En la década de los setenta, John Draper se hizo famoso por realizar una gira por Estados Unidos, utilizando teléfonos públicos de forma gratuita, lo cual llevó a su arresto por fraude a las compañías telefónicas. Este fue el primer caso icónico respecto a lo que hoy conocemos como la ciberdelincuencia[1], definida como «aquella actividad que por medio de la red (sea pública o privada) o a través de un sistema informático “tenga como objetivo atentar a la confidencialidad, la integridad y la disponibilidad de los sistemas informáticos, de las redes y los datos, así como el uso fraudulento de tales sistemas, redes y datos”»[2].

En Colombia, la Ley 1273 de 2009 adicionó al Código Penal el delito de acceso abusivo a un sistema informático.

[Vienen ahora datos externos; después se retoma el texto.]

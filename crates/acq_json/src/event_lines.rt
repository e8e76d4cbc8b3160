//! The messages in the lines that `replay` reads and writes, as JSON.

ghost use Rattle.std.specs.Prelude.{◌≡◌, ◌++◌, ◌==◌, IfOk, OnOk};
ghost use Rattle.std.specs.List.{position};
ghost use Rattle.acq_show.specs.Lines.{comma, first_field, later_fields};
ghost use Rattle.acq_json.specs.Lines.{frame_json, json_lines, line_json, no_digits};
ghost use Rattle.acq_json.specs.Written.{json_line};

use crate::card_form::CardForm;
use crate::writing::{json_of_fault, json_of_message};
use acq_show::{line_at, without_return};
use hex::FromHexError;
use std::alloc::{AllocError, Global};

/// The lines of the messages in lines as `replay` reads and writes them: of each `frame` and
/// `reply` line the message's, as [`json_of_message`] gives it, and nothing of others. A frame
/// without hexadecimal digits is fault 0.
pub fn json_of_lines(alloc: Global, lines: &[u8], form: CardForm) -> Result<Vec<u8>, AllocError>
    ensures { IfOk result (λ text. text.items ≡ json_lines form lines.now) }
{
    let mut text = Vec::new(alloc);
    let mut rest = lines;
    while !rest.is_empty() {
        let (line, after) = line_at(rest);
        put_line(alloc, &mut text, without_return(line), form)?;
        rest = after;
    }
    Ok(text)
}

/// Puts what is written of a line.
fn put_line(
    alloc: Global,
    text: &mut Vec<u8>,
    line: &[u8],
    form: CardForm,
) -> Result<(), AllocError>
    ensures { OnOk result (text.new.items ≡ text.old.items ++ line_json form line.now) }
{
    if line.starts_with(b"reply ") {
        return put_message(alloc, text, &line[6..], form);
    }
    if line.starts_with(b"frame,") {
        return put_frame(alloc, text, &line[6..], form);
    }
    Ok(())
}

/// Puts the line of a message.
fn put_message(
    alloc: Global,
    text: &mut Vec<u8>,
    message: &[u8],
    form: CardForm,
) -> Result<(), AllocError>
    ensures { OnOk result (text.new.items ≡ text.old.items ++ json_line form message.now) }
{
    let line = json_of_message(alloc, message, form)?;
    text.extend_from_slice(line.as_slice())
}

/// Puts the line of the message of a frame, by what stands behind the word.
fn put_frame(
    alloc: Global,
    text: &mut Vec<u8>,
    fields: &[u8],
    form: CardForm,
) -> Result<(), AllocError>
    ensures { OnOk result (text.new.items ≡ text.old.items ++ frame_json form fields.now) }
{
    match hex::decode(alloc, first_field(later_fields(fields))) {
        Ok(message) => put_message(alloc, text, message.as_slice(), form),
        Err(FromHexError::OutOfMemory) => Err(AllocError),
        Err(_) => {
            let line = no_digits(alloc)?;
            text.extend_from_slice(line.as_slice())
        }
    }
}

/// The line of a frame without digits.
#[tactic(auto, unfolding(crate::specs::Lines::no_digits))]
fn no_digits(alloc: Global) -> Result<Vec<u8>, AllocError>
    ensures { IfOk result (λ line. line.items ≡ no_digits) }
{
    json_of_fault(alloc, "no hexadecimal digits")
}

/// A record's first field.
fn first_field(fields: &[u8]) -> &[u8]
    ensures { result.now ≡ first_field fields.now }
{
    match comma(fields) {
        Some(end) => &fields[..end],
        None => fields,
    }
}

/// The fields behind the first.
fn later_fields(fields: &[u8]) -> &[u8]
    ensures { result.now ≡ later_fields fields.now }
{
    match comma(fields) {
        Some(end) => &fields[end + 1..],
        None => &[],
    }
}

fn comma(fields: &[u8]) -> Option<usize>
    ensures { result ≡ comma fields.now }
{
    fields.iter().position(|byte| *byte == b',')
}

Por otra parte, en Sentencia SP592-2022 del 2 de marzo de 2022, la Corte Suprema de Justicia, se refirió por primera vez a sus elementos normativos. Al respecto, indicó que el tipo penal está compuesto por:

i) Sujeto activo no calificado, por no necesitar de una condición especial para quien accede a un sistema informático “sin autorización”, o que, teniéndola, decide conscientemente mantenerse conectado; ii) Sujeto pasivo, persona natural o jurídica titular del sistema informático, iii) Lesionar varios bienes jurídicos tutelados, entre ellos, la información, los datos y la intimidad. En ese sentido, ha sido reconocido como un tipo penal pluriofensivo, iv) Solo admite el dolo en el actuar del ciberdelincuente; v) Es un delito de mera conducta, por cuanto, la sola intromisión en una red informática, en las condiciones establecidas en el tipo penal, afecta el bien jurídico tutelado; vi) Contempla dos verbos rectores, acceder o mantener; vii) Como ingrediente normativo, exige que el sujeto activo de la acción a) acceda en el sistema informático sin autorización, o, b) aun cuando, teniendo el permiso del titular legítimo del derecho, se mantiene dentro del mismo, excediendo las facultades otorgadas.[3]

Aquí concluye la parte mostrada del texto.